Она проснулась и открыла глаза, вздрогнув при виде его лица так близко.
– Все в порядке? – пробормотала она сонно.
– Уезжаю. Ты как? Болит, наверное?
Он протянул руку, но прикасаться к ее лицу не стал. Не хотел усиливать боль, которую она наверняка чувствовала.
– Теперь, mon coeur[28]
, я гораздо лучше представляю, через что тебе пришлось пройти.– Мне? О нет, – возразил он с улыбкой. – Не успевает кулак приблизиться к моей физиономии, как я падаю и изображаю мертвого. Позволяю дальше разбираться Жану Ги.
– Животом вверх, руки и ноги задраны к потолку, как у жука. Да, я это видела. Ты делаешь то же самое, когда в комнату входит Рут.
– Я принесу тебе парацетамол, – сказал Гамаш, улыбаясь, и через минуту вернулся с двумя таблетками и стаканом воды.
Рейн-Мари уселась в кровати, а он пристроился рядом.
Они поговорили о новости, которую сообщили Анни и Жан Ги. Братик или сестренка для Оноре. Еще один внук или внучка для них. Ни один из них не упомянул о том, что ребенок будет расти за океаном.
– Я должен сообщить тебе кое-что, – сказал Гамаш, надевая галстук. – Я арестовал Омера Годена.
– Да, я знаю. Ты думаешь, он убил свою дочь?

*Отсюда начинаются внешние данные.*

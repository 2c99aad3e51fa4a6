//! What a shard's history states of its cards, and what a shard may answer to a line.
//!
//! This crate is almost all definitions. `specs/Records.antt` defines what a shard's history states of a card, and
//! `specs/Scripts.antt` which of its issuer script commands are done and which go with the next reply.
//! `specs/Turns.antt` defines what may be answered to a line, and the history afterwards; `specs/LegalRecords.antt`
//! which record is a valid successor. The law of a card's commands is the contract of
//! [`every_card_gets_its_commands_in_order`].
#![tactic(auto)]

mod card_view;
mod decision;
mod law;

pub use card_view::CardView;
pub use decision::{Asked, Decision};
pub use law::every_card_gets_its_commands_in_order;
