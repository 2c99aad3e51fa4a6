//! What a line requests of a host, and what the host decided.

use issuer_base::{Command, Pan, Reply, Request};

/// What a line requests of a host.
#[derive(Drop)]
pub enum Asked {
    /// This request is to be decided.
    Decide(Request),

    /// This command is to be queued for the card with this account and sequence number.
    Queue { pan: Pan, psn: u8, command: Command },

    /// The card with this account and sequence number is to have this status, 0 to 9.
    Status { pan: Pan, psn: u8, status: u8 },
}

/// A decided request with its reply, and the index of its record in the shard's history, from 0.
#[derive(Drop)]
pub struct Decision {
    /// The request that was decided.
    pub request: Request,

    /// The reply that was returned, and is returned again to the same request.
    pub reply: Reply,

    /// The index of the record in the shard's history, from 0.
    pub place: u64,
}
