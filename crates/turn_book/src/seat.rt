//! A caller's handle for turns.
ghost use Rattle.std.specs.Prelude.{◌≡◌, [], ◌∷◌};

use crate::view::TurnView;
use atomic_table::{Badge, Seat};
use std::mem;

/// One caller's handle for turns, and what it knows. It has no bytes, and ends by `join` or `close`.
pub struct TurnSeat<I, B> {
    badge: Badge<TurnView<I, B>>,
}

impl<I, B> TurnSeat<I, B> {
    ghost use Rattle.turn_book.specs.Seats.{view_of};

    /// Wraps a seat of the table, which holds no slot.
    pub(crate) fn of<V>(seat: Seat<Option<V>, TurnView<I, B>>) -> TurnSeat<I, B>
        requires { seat.me.1 ≡ [] }
        ensures { (result.badge.table_id ≡ seat.table_id) × (result.badge.views ≡ seat.me.0 ∷ []) }
    {
        TurnSeat {
            badge: seat.into_badge(),
        }
    }

    /// Takes out the table's seat for a step. It must be put back.
    pub(crate) fn take<V>(&mut self) -> Seat<Option<V>, TurnView<I, B>>
        requires { self.old.badge.views ≡ view_of self.old ∷ [] }
        ensures { (result.table_id ≡ self.old.badge.table_id) × (result.me ≡ (view_of self.old, [])) }
    {
        mem::replace(&mut self.badge, Badge::blank()).into_seat()
    }

    /// Puts the table's seat back, which holds no slot.
    pub(crate) fn put<V>(&mut self, seat: Seat<Option<V>, TurnView<I, B>>)
        requires { seat.me.1 ≡ [] }
        ensures { (self.new.badge.table_id ≡ seat.table_id) × (self.new.badge.views ≡ seat.me.0 ∷ []) }
    {
        self.badge = seat.into_badge();
    }

    /// Unwraps the table's seat, and ends this one.
    pub(crate) fn into_seat<V>(self) -> Seat<Option<V>, TurnView<I, B>>
        requires { self.badge.views ≡ view_of self ∷ [] }
        ensures { (result.table_id ≡ self.badge.table_id) × (result.me ≡ (view_of self, [])) }
    {
        let TurnSeat { badge } = self;
        badge.into_seat()
    }
}
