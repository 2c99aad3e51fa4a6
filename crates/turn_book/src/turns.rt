//! The shards that callers share, and their turns.
ghost use Rattle.std.specs.Prelude.{◌≡◌, ℕ, List, ◌+◌, ◌*◌, ◌<◌, ◌≤◌, ◌^◌, [], ◌∷◌, ◌++◌, length, map, IfOk, IfErr, IfSome, IfNone, vec_len, Some};
ghost use Rattle.issuer_base.specs.declared.limits.TheConstants.{MAX_SHARDS};
ghost use Rattle.turn_book.specs.declared.layout.TheConstants.{SHARD_WORDS};
ghost use Rattle.turn_book.specs.declared.logs.Log.{Log};
ghost use Rattle.turn_book.specs.declared.view.Turn.TheVariants.{Free, Inside};

use crate::layout::{FREE, SHARD_WORDS, TAKEN, count_word, turn_word};
use crate::logs::{Item, Logged};
use crate::opening::{Opening, OpeningLogs};
use crate::rule::{Adds, Learns, Looks, Next, Parts, Releases, Retakes, Takes, TurnRule};
use crate::seat::TurnSeat;
use crate::values::{Ground, Sleepers, Spare, empty_slots, fill_slots, take_ground, take_values};
use crate::view::TurnView;
use atomic_table::{Refused, Table};
use issuer_base::MAX_SHARDS;
use std::alloc::Global;
use std::hint;
use std::marker::Brand;
use std::sync::atomic::Ordering;
use std::sync::{Mutex, Wait};

/// How often a caller tries to take a turn before it sleeps.
const TRIES: u32 = 100;

/// The length of a log below which one more item may be appended.
pub const MAX_ITEMS: u64 = 1 << 63;

/// The shards, shared by callers: each has a value that stands for its log.
pub struct Turns<V: Logged<I, B>, I, B> {
    pub(crate) table: Table<Option<V>, TurnView<I, B>, Opening<I, B>, TurnRule, Global>,

    // Room for the values that `close` returns, so that `close` doesn't allocate. The lock is never taken. Because of
    // it, the type of the values needn't be one that threads can share.
    pub(crate) spare: Mutex<Spare<V>>,

    // How many callers sleep for each shard's turn or are about to. If none does, a caller that leaves wakes none.
    pub(crate) sleepers: Vec<Sleepers>,
    ghost some_shard: { 0 < length table.shared.key.view },
    ghost few: { length table.shared.key.view ≤ MAX_SHARDS },
    ghost sized: { table.shared.table_id.words ≡ SHARD_WORDS * length table.shared.key.view },
    ghost slots: { table.shared.table_id.slots ≡ length table.shared.key.view },
    ghost counted: { vec_len sleepers ≡ length table.shared.key.view },
}

impl<V: Logged<I, B>, I, B> Turns<V, I, B> {
    ghost use Rattle.shared_seats.specs.SeatNames.{IsWhole};
    ghost use Rattle.turn_book.specs.Logs.{items_at, IsFront, StandsAt, StandFor};
    ghost use Rattle.turn_book.specs.TurnRule.{between};
    ghost use Rattle.turn_book.specs.TurnViews.{times, first_view, entered, counted, free, parent_view, child_view, joined};
    ghost use Rattle.turn_book.specs.Seats.{opening_of, shards_of, view_of, IsOf};

    /// The turns at shards with these values, in order, and the first seat. Each value stands for its opening log,
    /// whose length is in `counts`; the caller's proof chooses the opening logs as `J`. Only if an allocation fails,
    /// the error returns the values in order.
    pub fn load<J: OpeningLogs<I, B>>(
        alloc: Global,
        mut values: Vec<V>,
        counts: &[u64],
    ) -> Result<(Turns<V, I, B>, TurnSeat<I, B>), Vec<V>>
        requires shards { (0 < vec_len values) × (vec_len values ≤ MAX_SHARDS) }
        requires counts { counts.now ≡ map (λ log. length log.items) J.opening }
        requires values { StandFor V.stands values.items J.opening }
        ensures opening { IfOk result (λ made. opening_of made.0 ≡ J.opening) }
        ensures seat { IfOk result (λ made. IsOf made.1 made.0 × (view_of made.1 ≡ first_view J.opening)) }
        ensures refused { IfErr result (λ back. back.items ≡ values.items) }
    {
        let Ok(ground) = take_ground::<V, J, I, B>(alloc, &mut values, counts) else {
            return Err(values);
        };
        let Ground {
            words,
            key,
            mut slots,
            sleepers,
        } = ground;
        fill_slots(&mut values, &mut slots);
        match Table::new(alloc, words.as_slice(), slots, &key) {
            Ok((table, seat)) => {
                let spare = Mutex::new(Spare::new(values));
                let turns = Turns {
                    table,
                    spare,
                    sleepers,
                };
                Ok((turns, TurnSeat::of(seat)))
            }
            Err(Refused { slots }) => {
                empty_slots(slots, &mut values);
                Err(values)
            }
        }
    }

    /// Waits for the shard's turn, and takes the value, which stands for the current log.
    pub fn enter<R: Wait>(&self, rt: &R, seat: &mut TurnSeat<I, B>, shard: u8) -> V
        requires seat { IsOf seat.old self.now }
        requires free { (view_of seat.old).turn ≡ Free }
        requires shard { shard < shards_of self.now }
        ensures seat { IsOf seat.new self.now }

        // The seat has now seen the whole log, of which the log that it had seen before is a prefix.
        ensures view { view_of seat.new ≡ entered shard (items_at (view_of seat.new).seen shard) (view_of seat.old) }
        ensures front { IsFront (items_at (view_of seat.old).seen shard) (items_at (view_of seat.new).seen shard) }
        ensures value { StandsAt V.stands result (view_of seat.new).seen shard }
    {
        for _ in rt.forever() {
            match self.look_for_turn(seat, shard) {
                Some(value) => return value,
                None => self.sleep(rt, shard),
            }
        }
        unreachable!()
    }

    /// Appends the item that this value represents to the log of the shard that the seat is in, by one atomic step.
    pub fn added<E: Item<I>>(&self, seat: &mut TurnSeat<I, B>, shard: u8, item: &E)
        requires seat { IsOf seat.old self.now }
        requires held { (view_of seat.old).turn ≡ Inside shard }
        requires room { length (items_at (view_of seat.old).seen shard) < MAX_ITEMS }
        ensures seat { IsOf seat.new self.now }
        ensures view { view_of seat.new ≡ counted shard (E.item item.now) (view_of seat.old) }
        ensures log { items_at (view_of seat.new).seen shard ≡ items_at (view_of seat.old).seen shard
            ++ E.item item.now ∷ [] }
    {
        self.count_next::<Brand, E>(seat, shard, item);
    }

    /// Ends the seat's turn at the shard: the value goes back, and one caller that sleeps for this turn is woken.
    pub fn leave(&self, seat: &mut TurnSeat<I, B>, shard: u8, value: V)
        requires seat { IsOf seat.old self.now }
        requires held { (view_of seat.old).turn ≡ Inside shard }
        requires value { StandsAt V.stands value (view_of seat.old).seen shard }
        ensures seat { IsOf seat.new self.now }
        ensures view { view_of seat.new ≡ free (view_of seat.old) }
    {
        let mut stepper = seat.take::<V>();
        let word = turn_word(shard);
        self.table.shared.load::<Retakes>(&mut stepper, word);
        let empty = self
            .table
            .shared
            .exchange(&mut stepper, shard as usize, Some(value));
        let None = empty else { unreachable!() };
        self.table
            .shared
            .store::<Releases>(&mut stepper, word, FREE);
        seat.put(stepper);
        self.wake(shard);
    }

    /// Splits off a second seat, which has seen the same logs and has appended nothing.
    pub fn split(&self, seat: &mut TurnSeat<I, B>) -> TurnSeat<I, B>
        requires seat { IsOf seat.old self.now }
        requires free { (view_of seat.old).turn ≡ Free }
        ensures seat { IsOf seat.new self.now × (view_of seat.new ≡ parent_view (view_of seat.old)) }
        ensures new { IsOf result self.now × (view_of result ≡ child_view (view_of seat.old)) }
    {
        let mut stepper = seat.take::<V>();
        let new = self.table.shared.split_seat::<Parts>(&mut stepper);
        seat.put(stepper);
        TurnSeat::of(new)
    }

    /// Merges `other` into `seat`. The seat then has the items that both have appended, and for each log the longer
    /// prefix that either has seen.
    pub fn join(&self, seat: &mut TurnSeat<I, B>, other: TurnSeat<I, B>)
        requires seats { IsOf seat.old self.now × IsOf other self.now }
        requires free { ((view_of seat.old).turn ≡ Free) × ((view_of other).turn ≡ Free) }
        ensures seat { IsOf seat.new self.now }
        ensures view { view_of seat.new ≡ joined (view_of seat.old) (view_of other) }

        // What either had seen of a log is a prefix of what the seat has now seen of it.
        ensures fronts { (shard : ℕ) → IsFront (items_at (view_of seat.old).seen shard)
            (items_at (view_of seat.new).seen shard)
            × IsFront (items_at (view_of other).seen shard) (items_at (view_of seat.new).seen shard) }
    {
        let mut stepper = seat.take::<V>();
        self.table
            .shared
            .join_seat::<Parts>(&mut stepper, other.into_seat());
        self.table.shared.load::<Learns>(&mut stepper, turn_word(0));
        seat.put(stepper);
    }

    /// Closes the turns, with a seat into which all others were joined, and returns the values in order. It doesn't
    /// allocate.
    pub fn close(self, seat: TurnSeat<I, B>) -> Vec<V>
        requires seat { IsOf seat self }
        requires free { (view_of seat).turn ≡ Free }
        requires whole { IsWhole (view_of seat).names }

        // Each value stands for the log that the seat has seen, of which the opening log is a prefix.
        ensures values { StandFor V.stands result.items (view_of seat).seen }
        ensures fronts { (shard : ℕ) → IsFront (items_at (opening_of self) shard) (items_at (view_of seat).seen shard) }

        // The indices of the items after the opening logs are exactly the seat's own, each once.
        ensures places { (shard place : ℕ) → shard < shards_of self → times shard place (view_of seat).mine
            ≡ between (length (items_at (opening_of self) shard)) (length (items_at (view_of seat).seen shard)) place }
    {
        let seat = seat.into_seat::<V>();
        let Turns {
            table,
            spare,
            sleepers: _,
        } = self;
        let mut values = spare.into_inner().into_list();
        let mut closed = table.close_with(seat);
        take_values(&mut closed, &mut values);
        closed.free();
        values
    }

    /// Tries a fixed number of times to take the turn and the value.
    fn look_for_turn(&self, seat: &mut TurnSeat<I, B>, shard: u8) -> Option<V>
        requires seat { IsOf seat.old self.now }
        requires free { (view_of seat.old).turn ≡ Free }
        requires shard { shard < shards_of self.now }
        ensures seat { IsOf seat.new self.now }
        ensures entered { IfSome result (λ value. (view_of seat.new ≡ entered shard
            (items_at (view_of seat.new).seen shard) (view_of seat.old))
            × IsFront (items_at (view_of seat.old).seen shard) (items_at (view_of seat.new).seen shard)
            × StandsAt V.stands value (view_of seat.new).seen shard) }
        ensures same { IfNone result (view_of seat.new ≡ view_of seat.old) }
    {
        for _ in 0..TRIES {
            if self.table.shared.peek(turn_word(shard)) == FREE {
                match self.try_enter(seat, shard) {
                    Some(value) => return Some(value),
                    None => {}
                }
            }
            hint::spin_loop();
        }
        None
    }

    /// Takes the shard's turn and its value, in one step, if the turn is free.
    fn try_enter(&self, seat: &mut TurnSeat<I, B>, shard: u8) -> Option<V>
        requires seat { IsOf seat.old self.now }
        requires free { (view_of seat.old).turn ≡ Free }
        requires shard { shard < shards_of self.now }
        ensures seat { IsOf seat.new self.now }
        ensures entered { IfSome result (λ value. (view_of seat.new ≡ entered shard
            (items_at (view_of seat.new).seen shard) (view_of seat.old))
            × IsFront (items_at (view_of seat.old).seen shard) (items_at (view_of seat.new).seen shard)
            × StandsAt V.stands value (view_of seat.new).seen shard) }
        ensures same { IfNone result (view_of seat.new ≡ view_of seat.old) }
    {
        let mut stepper = seat.take::<V>();
        let found = self
            .table
            .shared
            .compare_exchange::<Takes>(&mut stepper, turn_word(shard), FREE, TAKEN);
        if found != FREE {
            seat.put(stepper);
            return None;
        }
        let value = self
            .table
            .shared
            .exchange(&mut stepper, shard as usize, None);
        self.table
            .shared
            .load::<Looks>(&mut stepper, count_word(shard));
        seat.put(stepper);
        Some(value.unwrap())
    }

    /// Sleeps while the shard's turn is taken, until a caller leaves. It may also return earlier.
    fn sleep<R: Wait>(&self, rt: &R, shard: u8)
        requires { shard < shards_of self.now }
    {
        let sleepers = &self.sleepers[usize::from(shard)];
        sleepers.fetch_add(1, Ordering::SeqCst);
        self.table.shared.park(rt, turn_word(shard), TAKEN as u32);
        sleepers.fetch_sub(1, Ordering::SeqCst);
    }

    /// Wakes one caller that sleeps for the shard's turn, if there is one.
    fn wake(&self, shard: u8)
        requires { shard < shards_of self.now }
    {
        if self.sleepers[usize::from(shard)].load(Ordering::SeqCst) != 0 {
            self.table.shared.wake_one(turn_word(shard));
        }
    }

    /// Appends the item that a call chooses, as `added` says.
    fn count_next<N: Next<I>, E: Item<I>>(&self, seat: &mut TurnSeat<I, B>, shard: u8, item: &E)
        requires seat { IsOf seat.old self.now }
        requires held { (view_of seat.old).turn ≡ Inside shard }
        requires room { length (items_at (view_of seat.old).seen shard) < MAX_ITEMS }
        requires next { N.next ≡ Some (E.item item.now) }
        ensures seat { IsOf seat.new self.now }
        ensures view { view_of seat.new ≡ counted shard (E.item item.now) (view_of seat.old) }
    {
        let _ = item;
        let mut stepper = seat.take::<V>();
        self.table
            .shared
            .fetch_add::<Adds<N>>(&mut stepper, count_word(shard), 1);
        seat.put(stepper);
    }
}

– Нет, но мне нужно держать его подальше от Трейси. Я предъявил ему обвинение в нападении. Вот за это. – Он показал на ее лицо.
– Но… – начала Рейн-Мари, поднося руку к лицу.
– Я знаю. Дальше дело не пойдет. Просто мне нужно, чтобы он не болтался на свободе и не пытался мстить Трейси.
– Значит, от моего синяка есть какая-то польза. – Она потрогала припухшую щеку.
– Non. – Он поцеловал ее перед уходом. – Меня ждет Жан Ги.
– Что ты будешь делать без него, Арман?
Он открыл рот, но ответа не нашел.
– Извини, – сказала она. – Не нужно было спрашивать.
– Нет-нет. Об этом нужно говорить. Жан Ги напомнил мне, что осталось меньше двух недель.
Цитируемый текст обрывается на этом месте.